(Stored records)

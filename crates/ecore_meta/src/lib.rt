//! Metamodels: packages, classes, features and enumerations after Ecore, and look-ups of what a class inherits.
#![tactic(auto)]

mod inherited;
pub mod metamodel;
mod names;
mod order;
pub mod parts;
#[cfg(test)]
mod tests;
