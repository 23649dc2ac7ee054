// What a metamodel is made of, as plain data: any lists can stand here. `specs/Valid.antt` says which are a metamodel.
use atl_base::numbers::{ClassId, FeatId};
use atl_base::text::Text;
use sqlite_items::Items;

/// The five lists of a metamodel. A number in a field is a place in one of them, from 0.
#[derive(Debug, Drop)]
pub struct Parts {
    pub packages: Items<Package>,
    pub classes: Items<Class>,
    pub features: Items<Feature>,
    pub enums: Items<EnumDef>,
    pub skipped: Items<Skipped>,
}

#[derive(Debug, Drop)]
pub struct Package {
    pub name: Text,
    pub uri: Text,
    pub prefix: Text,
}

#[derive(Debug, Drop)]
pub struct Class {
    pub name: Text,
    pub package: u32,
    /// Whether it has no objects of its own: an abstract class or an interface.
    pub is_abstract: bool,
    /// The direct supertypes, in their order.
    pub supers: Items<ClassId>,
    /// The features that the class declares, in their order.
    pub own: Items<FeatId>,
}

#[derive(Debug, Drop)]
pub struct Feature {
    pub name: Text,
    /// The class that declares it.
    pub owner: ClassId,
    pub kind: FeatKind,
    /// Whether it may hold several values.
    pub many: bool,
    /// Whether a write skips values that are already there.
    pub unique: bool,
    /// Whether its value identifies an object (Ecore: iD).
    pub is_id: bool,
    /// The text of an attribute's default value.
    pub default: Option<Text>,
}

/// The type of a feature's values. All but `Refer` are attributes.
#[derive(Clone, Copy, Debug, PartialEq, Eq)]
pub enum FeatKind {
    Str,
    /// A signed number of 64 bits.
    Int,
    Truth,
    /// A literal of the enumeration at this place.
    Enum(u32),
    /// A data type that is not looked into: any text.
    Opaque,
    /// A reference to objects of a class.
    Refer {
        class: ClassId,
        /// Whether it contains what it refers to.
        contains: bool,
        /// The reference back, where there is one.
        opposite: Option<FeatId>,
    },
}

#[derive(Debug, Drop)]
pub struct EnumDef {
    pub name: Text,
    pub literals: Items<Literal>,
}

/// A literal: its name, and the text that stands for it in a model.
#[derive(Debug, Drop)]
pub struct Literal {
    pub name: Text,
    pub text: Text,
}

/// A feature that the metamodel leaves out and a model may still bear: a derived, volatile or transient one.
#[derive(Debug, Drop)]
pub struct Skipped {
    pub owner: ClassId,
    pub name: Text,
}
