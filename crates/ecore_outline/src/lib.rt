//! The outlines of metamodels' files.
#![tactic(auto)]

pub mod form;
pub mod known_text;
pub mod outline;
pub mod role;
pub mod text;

--

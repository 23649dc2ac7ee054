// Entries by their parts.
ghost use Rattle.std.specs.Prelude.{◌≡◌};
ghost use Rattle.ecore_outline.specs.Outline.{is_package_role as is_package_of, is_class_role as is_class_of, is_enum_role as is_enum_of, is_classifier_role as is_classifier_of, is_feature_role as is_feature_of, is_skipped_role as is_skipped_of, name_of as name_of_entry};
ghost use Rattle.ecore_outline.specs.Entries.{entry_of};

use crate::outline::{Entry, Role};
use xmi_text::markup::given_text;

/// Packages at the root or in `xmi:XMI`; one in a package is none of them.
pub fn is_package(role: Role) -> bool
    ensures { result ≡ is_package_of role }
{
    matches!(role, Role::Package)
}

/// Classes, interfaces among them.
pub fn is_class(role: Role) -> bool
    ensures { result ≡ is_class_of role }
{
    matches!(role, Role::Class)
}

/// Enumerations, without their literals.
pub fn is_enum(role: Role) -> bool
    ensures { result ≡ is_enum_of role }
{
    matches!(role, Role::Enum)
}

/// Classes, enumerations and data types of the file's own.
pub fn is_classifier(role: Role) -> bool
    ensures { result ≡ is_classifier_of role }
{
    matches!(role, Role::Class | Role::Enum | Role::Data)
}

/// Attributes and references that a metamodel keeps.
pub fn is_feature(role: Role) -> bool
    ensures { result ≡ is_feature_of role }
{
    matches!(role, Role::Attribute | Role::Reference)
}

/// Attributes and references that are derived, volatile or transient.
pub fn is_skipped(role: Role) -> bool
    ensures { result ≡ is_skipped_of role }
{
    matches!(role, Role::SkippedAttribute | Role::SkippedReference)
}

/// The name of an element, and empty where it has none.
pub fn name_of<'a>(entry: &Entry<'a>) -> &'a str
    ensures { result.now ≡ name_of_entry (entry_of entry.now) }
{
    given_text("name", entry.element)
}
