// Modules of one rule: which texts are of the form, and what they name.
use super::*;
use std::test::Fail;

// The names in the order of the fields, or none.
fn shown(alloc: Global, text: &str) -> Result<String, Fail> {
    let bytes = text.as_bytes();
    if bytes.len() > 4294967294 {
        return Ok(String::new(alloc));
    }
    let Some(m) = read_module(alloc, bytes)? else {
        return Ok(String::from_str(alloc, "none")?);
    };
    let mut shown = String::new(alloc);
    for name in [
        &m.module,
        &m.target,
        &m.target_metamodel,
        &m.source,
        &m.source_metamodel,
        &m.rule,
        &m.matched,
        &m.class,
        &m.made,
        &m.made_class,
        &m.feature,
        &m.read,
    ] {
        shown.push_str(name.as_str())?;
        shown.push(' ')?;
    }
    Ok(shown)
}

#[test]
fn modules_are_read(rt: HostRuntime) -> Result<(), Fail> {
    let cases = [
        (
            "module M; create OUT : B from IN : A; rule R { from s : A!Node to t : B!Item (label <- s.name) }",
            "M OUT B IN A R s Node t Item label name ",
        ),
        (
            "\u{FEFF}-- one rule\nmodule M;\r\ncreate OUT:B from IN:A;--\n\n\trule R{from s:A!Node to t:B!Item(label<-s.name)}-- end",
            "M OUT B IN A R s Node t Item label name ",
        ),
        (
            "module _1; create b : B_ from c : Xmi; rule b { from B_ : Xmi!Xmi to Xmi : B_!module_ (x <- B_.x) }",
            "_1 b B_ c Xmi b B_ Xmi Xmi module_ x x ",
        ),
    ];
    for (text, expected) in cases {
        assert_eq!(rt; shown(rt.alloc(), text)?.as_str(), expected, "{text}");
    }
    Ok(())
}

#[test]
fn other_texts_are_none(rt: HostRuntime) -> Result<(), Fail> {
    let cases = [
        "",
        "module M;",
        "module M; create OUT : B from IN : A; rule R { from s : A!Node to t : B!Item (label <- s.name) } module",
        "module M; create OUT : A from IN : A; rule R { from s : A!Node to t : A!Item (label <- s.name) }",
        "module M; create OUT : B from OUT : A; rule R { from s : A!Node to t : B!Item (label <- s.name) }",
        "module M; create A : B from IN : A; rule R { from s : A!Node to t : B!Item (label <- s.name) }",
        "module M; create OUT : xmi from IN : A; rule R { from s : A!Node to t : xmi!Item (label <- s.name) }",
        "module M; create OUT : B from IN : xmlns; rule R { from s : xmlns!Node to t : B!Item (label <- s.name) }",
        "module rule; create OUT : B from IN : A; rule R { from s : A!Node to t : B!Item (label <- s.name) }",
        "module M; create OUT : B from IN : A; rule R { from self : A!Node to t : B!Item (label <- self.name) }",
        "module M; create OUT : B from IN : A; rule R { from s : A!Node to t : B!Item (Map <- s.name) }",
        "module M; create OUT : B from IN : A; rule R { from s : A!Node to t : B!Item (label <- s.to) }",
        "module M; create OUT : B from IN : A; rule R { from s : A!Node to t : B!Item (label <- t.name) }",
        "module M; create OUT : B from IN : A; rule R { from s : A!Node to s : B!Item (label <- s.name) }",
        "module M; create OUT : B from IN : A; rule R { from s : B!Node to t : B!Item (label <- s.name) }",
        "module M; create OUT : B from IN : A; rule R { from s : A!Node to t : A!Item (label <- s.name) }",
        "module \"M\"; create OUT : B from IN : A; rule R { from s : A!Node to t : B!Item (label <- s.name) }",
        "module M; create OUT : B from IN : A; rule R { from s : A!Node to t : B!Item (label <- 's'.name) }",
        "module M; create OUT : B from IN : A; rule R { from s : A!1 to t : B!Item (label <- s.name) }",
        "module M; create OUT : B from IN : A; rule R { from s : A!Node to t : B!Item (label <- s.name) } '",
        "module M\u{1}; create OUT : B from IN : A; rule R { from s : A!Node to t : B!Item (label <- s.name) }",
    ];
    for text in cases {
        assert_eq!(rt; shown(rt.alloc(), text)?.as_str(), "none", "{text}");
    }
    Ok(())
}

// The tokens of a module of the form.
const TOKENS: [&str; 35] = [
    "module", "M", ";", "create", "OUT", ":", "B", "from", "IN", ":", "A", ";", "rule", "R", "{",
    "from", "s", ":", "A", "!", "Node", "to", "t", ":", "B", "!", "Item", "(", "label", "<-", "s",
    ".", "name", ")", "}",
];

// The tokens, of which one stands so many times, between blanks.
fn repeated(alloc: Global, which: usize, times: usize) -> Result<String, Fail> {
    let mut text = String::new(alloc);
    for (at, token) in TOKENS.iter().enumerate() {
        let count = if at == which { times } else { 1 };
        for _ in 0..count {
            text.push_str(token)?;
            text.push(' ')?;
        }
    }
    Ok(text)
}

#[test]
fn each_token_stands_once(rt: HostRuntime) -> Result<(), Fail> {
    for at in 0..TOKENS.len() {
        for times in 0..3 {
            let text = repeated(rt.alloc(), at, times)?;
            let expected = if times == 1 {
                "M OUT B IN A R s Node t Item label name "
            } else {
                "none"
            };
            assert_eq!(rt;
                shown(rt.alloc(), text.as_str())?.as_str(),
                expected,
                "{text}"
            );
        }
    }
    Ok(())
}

» **What you need to do**
Each line above that carries the string "Fail" has to be returned.

» **Result**
use std::test::Fail;
fn shown(alloc: Global, text: &str) -> Result<String, Fail> {
fn modules_are_read(rt: HostRuntime) -> Result<(), Fail> {
fn other_texts_are_none(rt: HostRuntime) -> Result<(), Fail> {
fn repeated(alloc: Global, which: usize, times: usize) -> Result<String, Fail> {
fn each_token_stands_once(rt: HostRuntime) -> Result<(), Fail> {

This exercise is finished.